RECORD SET section start
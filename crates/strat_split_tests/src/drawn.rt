//! Counts and splits of drawn keys in trees of several shapes, against slow scans from parent to parent.

ghost use Rattle.std.specs.Prelude.{◌≡◌, ◌<◌, ◌≤◌, ◌+◌, length, IfOk, OnOk, IsTrue};
ghost use Rattle.strat_live.specs.Counting.{are_below};
ghost use Rattle.strat_live.specs.Group.{is_descending};
ghost use Rattle.strat_split_tests.specs.Groups.{IsGroupFrom};

use crate::trees::{Shape, grown, item};
use std::alloc::Global;
use std::process::Abort;
use std::test::Fail;
use strat_arena::Item;
use strat_base::{NoMemory, Version};
use strat_live::Counts;
use strat_split::parts::{IN_NO_PART, Part, Plan};
use strat_split::{Hanging, plan, takes};
use strat_tree::Tree;

/// Whether a key has an item at a version: key 0 has one at each, of another key about one in four has.
fn has(key: u32, v: Version) -> bool {
    let mixed = key
        .wrapping_mul(2_654_435_761)
        .wrapping_add(v)
        .wrapping_mul(2_246_822_519);
    key == 0 || (mixed >> 13) % 4 == 0
}

/// The items of a key, the greatest version first.
pub(crate) fn group_of(alloc: Global, key: u32, versions: u32) -> Result<Vec<Item>, NoMemory>
    ensures kept { IfOk result (λ group. IsGroupFrom 0 versions group.items) }
{
    let mut group = Vec::new(alloc);
    let mut v = versions;
    while v > 0 {
        v -= 1;
        push_item(&mut group, key, v, versions)?;
    }
    Ok(group)
}

/// Adds the item of a key at a version below all others, if it has one.
fn push_item(group: &mut Vec<Item>, key: u32, v: Version, versions: u32) -> Result<(), NoMemory>
    requires { IsGroupFrom (v + 1) versions group.old.items }
    ensures kept { OnOk result (IsGroupFrom v versions group.new.items) }
{
    if has(key, v) {
        group.push(item(v))?;
    }
    Ok(())
}

/// Counts over so many keys.
pub(crate) fn counted(
    alloc: Global,
    tree: &Tree,
    versions: u32,
    keys: u32,
) -> Result<Counts, NoMemory>
    requires fits { (versions ≤ length tree.now.parents) × (versions ≤ 64) × (keys ≤ 1000) }
    ensures len { IfOk result (λ counts. length counts.own ≡ versions) }
{
    let mut counts = Counts::new(alloc, versions)?;
    for key in 0..keys {
        let group = group_of(alloc, key, versions)?;
        counts.add(&group, tree);
    }
    counts.finish(tree);
    Ok(counts)
}

/// The parent of a version, if there is such a version and it has one.
fn parent(tree: &Tree, v: Version) -> Option<Version> {
    if v < tree.count() {
        tree.parent(v)
    } else {
        None
    }
}

/// Whether a walk from a version meets an item of a key.
fn walk_sees(tree: &Tree, key: u32, v: Version) -> bool {
    let mut at = v;
    for _ in 0..tree.count() {
        if has(key, at) {
            return true;
        }
        match parent(tree, at) {
            Some(p) => at = p,
            None => return false,
        }
    }
    false
}

/// How many keys have an item at a version.
fn own_slowly(v: Version, keys: u32) -> u32 {
    let mut n: u32 = 0;
    for key in 0..keys {
        n = n.wrapping_add(has(key, v) as u32);
    }
    n
}

/// How many keys have an item live at a version.
fn live_slowly(tree: &Tree, v: Version, keys: u32) -> u32 {
    let mut n: u32 = 0;
    for key in 0..keys {
        n = n.wrapping_add(walk_sees(tree, key, v) as u32);
    }
    n
}

/// Whether the counts are those of the scans.
fn counts_agree(tree: &Tree, counts: &Counts, versions: u32, keys: u32) -> bool
    requires { versions ≤ length counts.now.own }
{
    for v in 0..versions {
        if counts.own(v) != own_slowly(v, keys) || counts.live(v) != live_slowly(tree, v, keys) {
            return false;
        }
    }
    true
}

/// The number of the part of a version.
fn label(plan: &Plan, v: Version) -> u32 {
    if (v as usize) < plan.part_of.len() {
        *plan.part_of.get(v as usize)
    } else {
        IN_NO_PART
    }
}

/// Whether a version is in a part as it must be: dense there, its parent in the part or above it.
fn is_well_placed(tree: &Tree, plan: &Plan, v: Version, keys: u32) -> bool {
    let q = label(plan, v);
    let live = live_slowly(tree, v, keys);
    if q as usize >= plan.parts.len() {
        return q == IN_NO_PART && live == 0;
    }
    let part = plan.parts.get(q as usize);
    let hangs = match parent(tree, v) {
        Some(p) => label(plan, p) == q || part.above == Some(p),
        None => part.above.is_none(),
    };
    hangs && part.entries <= live.wrapping_mul(3) && part.least <= live
}

/// The leads of a part and the least number of live keys of its versions, by a scan of all versions.
fn scanned(tree: &Tree, plan: &Plan, q: u32, keys: u32) -> (u32, u32) {
    let mut leads: u32 = 0;
    let mut least = u32::MAX;
    for v in 0..tree.count() {
        if label(plan, v) == q {
            leads = leads.wrapping_add(own_slowly(v, keys));
            least = least.min(live_slowly(tree, v, keys));
        }
    }
    (leads, least)
}

/// Whether a part's numbers are those of its versions.
fn is_well_counted(tree: &Tree, plan: &Plan, q: u32, part: &Part, keys: u32) -> bool {
    let (leads, least) = scanned(tree, plan, q, keys);
    let inherited = match part.above {
        Some(p) => live_slowly(tree, p, keys),
        None => 0,
    };
    part.leads == leads
        && part.least == least
        && part.entries == leads.wrapping_add(inherited)
        && part.entries >= 1
        && part.entries <= leads.wrapping_mul(2)
}

/// How many of a key's items a part takes.
fn taken(plan: &Plan, group: &[Item], tree: &Tree, q: u32) -> u32
    requires kept { IsTrue (is_descending group.now) }
    requires fits { q < length plan.now.parts }
    requires len { length plan.now.part_of ≡ length tree.now.parents }
    requires found { IsTrue (are_below (length tree.now.parents) group.now) }
{
    let mut n: u32 = 0;
    for i in 0..group.len() {
        n = n.wrapping_add(takes(plan, group, tree, q, i) as u32);
    }
    n
}

/// How many items a part takes.
fn taken_of_all(alloc: Global, plan: &Plan, tree: &Tree, q: u32, keys: u32) -> Result<u32, NoMemory>
    requires fits { q < length plan.now.parts }
    requires len { length plan.now.part_of ≡ length tree.now.parents }
{
    let mut n: u32 = 0;
    for key in 0..keys {
        let group = group_of(alloc, key, tree.count())?;
        n = n.wrapping_add(taken(plan, &group, tree, q));
    }
    Ok(n)
}

/// Whether each version, and each part, is as it must be.
fn is_well_split(alloc: Global, tree: &Tree, plan: &Plan, keys: u32) -> Result<bool, NoMemory>
    requires len { length plan.now.part_of ≡ length tree.now.parents }
{
    for v in 0..tree.count() {
        if !is_well_placed(tree, plan, v, keys) {
            return Ok(false);
        }
    }
    are_well_filled(alloc, tree, plan, keys)
}

/// Whether each part has as many entries as items that it takes.
fn are_well_filled(alloc: Global, tree: &Tree, plan: &Plan, keys: u32) -> Result<bool, NoMemory>
    requires len { length plan.now.part_of ≡ length tree.now.parents }
{
    for q in 0..tree.count() {
        if q as usize >= plan.parts.len() {
            return Ok(true);
        }
        let part = plan.parts.get(q as usize);
        let all = taken_of_all(alloc, plan, tree, q, keys)?;
        if all != part.entries || !is_well_counted(tree, plan, q, part, keys) {
            return Ok(false);
        }
    }
    Ok(plan.parts.len() <= tree.count() as usize)
}

/// Whether parts are numbered in the order in which their first versions come.
fn is_well_numbered(plan: &Plan) -> bool {
    let mut met: u32 = 0;
    for q in plan.part_of.as_slice() {
        if *q == met {
            met = met.wrapping_add(1);
        } else if *q > met && *q != IN_NO_PART {
            return false;
        }
    }
    met as usize == plan.parts.len()
}

/// How many parts hang from a part, along its chain.
fn hung(hanging: &Hanging, part: u32) -> u32
    requires { part < length hanging.now }
{
    let mut n: u32 = 0;
    let mut at = hanging.first_below(part);
    while let Some(q) = at {
        n = n.wrapping_add(1);
        at = hanging.next_beside(q);
    }
    n
}

/// How many parts hang from a part, by a scan of all parts.
fn hung_slowly(plan: &Plan, part: u32) -> u32 {
    let mut n: u32 = 0;
    for other in plan.parts.as_slice() {
        if let Some(p) = other.above {
            n = n.wrapping_add((label(plan, p) == part) as u32);
        }
    }
    n
}

/// Whether each chain of parts has as many as a scan finds.
fn is_well_hung(alloc: Global, plan: &Plan) -> Result<bool, NoMemory>
    requires { length plan.now.parts ≤ 64 }
{
    let hanging = Hanging::new(alloc, plan)?;
    for part in 0..plan.parts.len() as u32 {
        if hung(&hanging, part) != hung_slowly(plan, part) {
            return Ok(false);
        }
    }
    Ok(true)
}

/// Whether counts and split of so many keys agree with scans in a tree of so many versions.
fn agrees(alloc: Global, shape: Shape, versions: u32, keys: u32) -> Result<bool, NoMemory>
    requires { (1 ≤ versions) × (versions ≤ 64) × (keys ≤ 1000) }
{
    let tree = grown(alloc, shape, versions)?;
    let counts = counted(alloc, &tree, versions, keys)?;
    let made = plan(alloc, &tree, &counts, versions)?;
    Ok(
        counts_agree(&tree, &counts, versions, keys)
            && is_well_numbered(&made)
            && is_well_split(alloc, &tree, &made, keys)?
            && is_well_hung(alloc, &made)?,
    )
}

#[test]
fn a_chain_is_split_as_scans_say(rt: HostRuntime) -> Result<(), Fail> {
    assert!(rt; agrees(rt.alloc(), Shape::Chain, 40, 60)?);
    Ok(())
}

#[test]
fn a_star_is_split_as_scans_say(rt: HostRuntime) -> Result<(), Fail> {
    assert!(rt; agrees(rt.alloc(), Shape::Star, 40, 60)?);
    Ok(())
}

#[test]
fn a_comb_is_split_as_scans_say(rt: HostRuntime) -> Result<(), Fail> {
    assert!(rt; agrees(rt.alloc(), Shape::Comb, 40, 60)?);
    Ok(())
}

#[test]
fn a_drawn_tree_is_split_as_scans_say(rt: HostRuntime) -> Result<(), Fail> {
    assert!(rt; agrees(rt.alloc(), Shape::Mixed, 50, 40)?);
    Ok(())
}

#[test]
fn few_keys_are_split_as_scans_say(rt: HostRuntime) -> Result<(), Fail> {
    assert!(rt; agrees(rt.alloc(), Shape::Mixed, 64, 2)?);
    Ok(())
}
RECORD SET section end
WHAT TO PRODUCE:
The expected output is each line of the records above that includes the word "Some".

SOLUTION TO THIS TASK:
            Some(p) => at = p,
        Some(p) => label(plan, p) == q || part.above == Some(p),
        Some(p) => live_slowly(tree, p, keys),
    while let Some(q) = at {
        if let Some(p) = other.above {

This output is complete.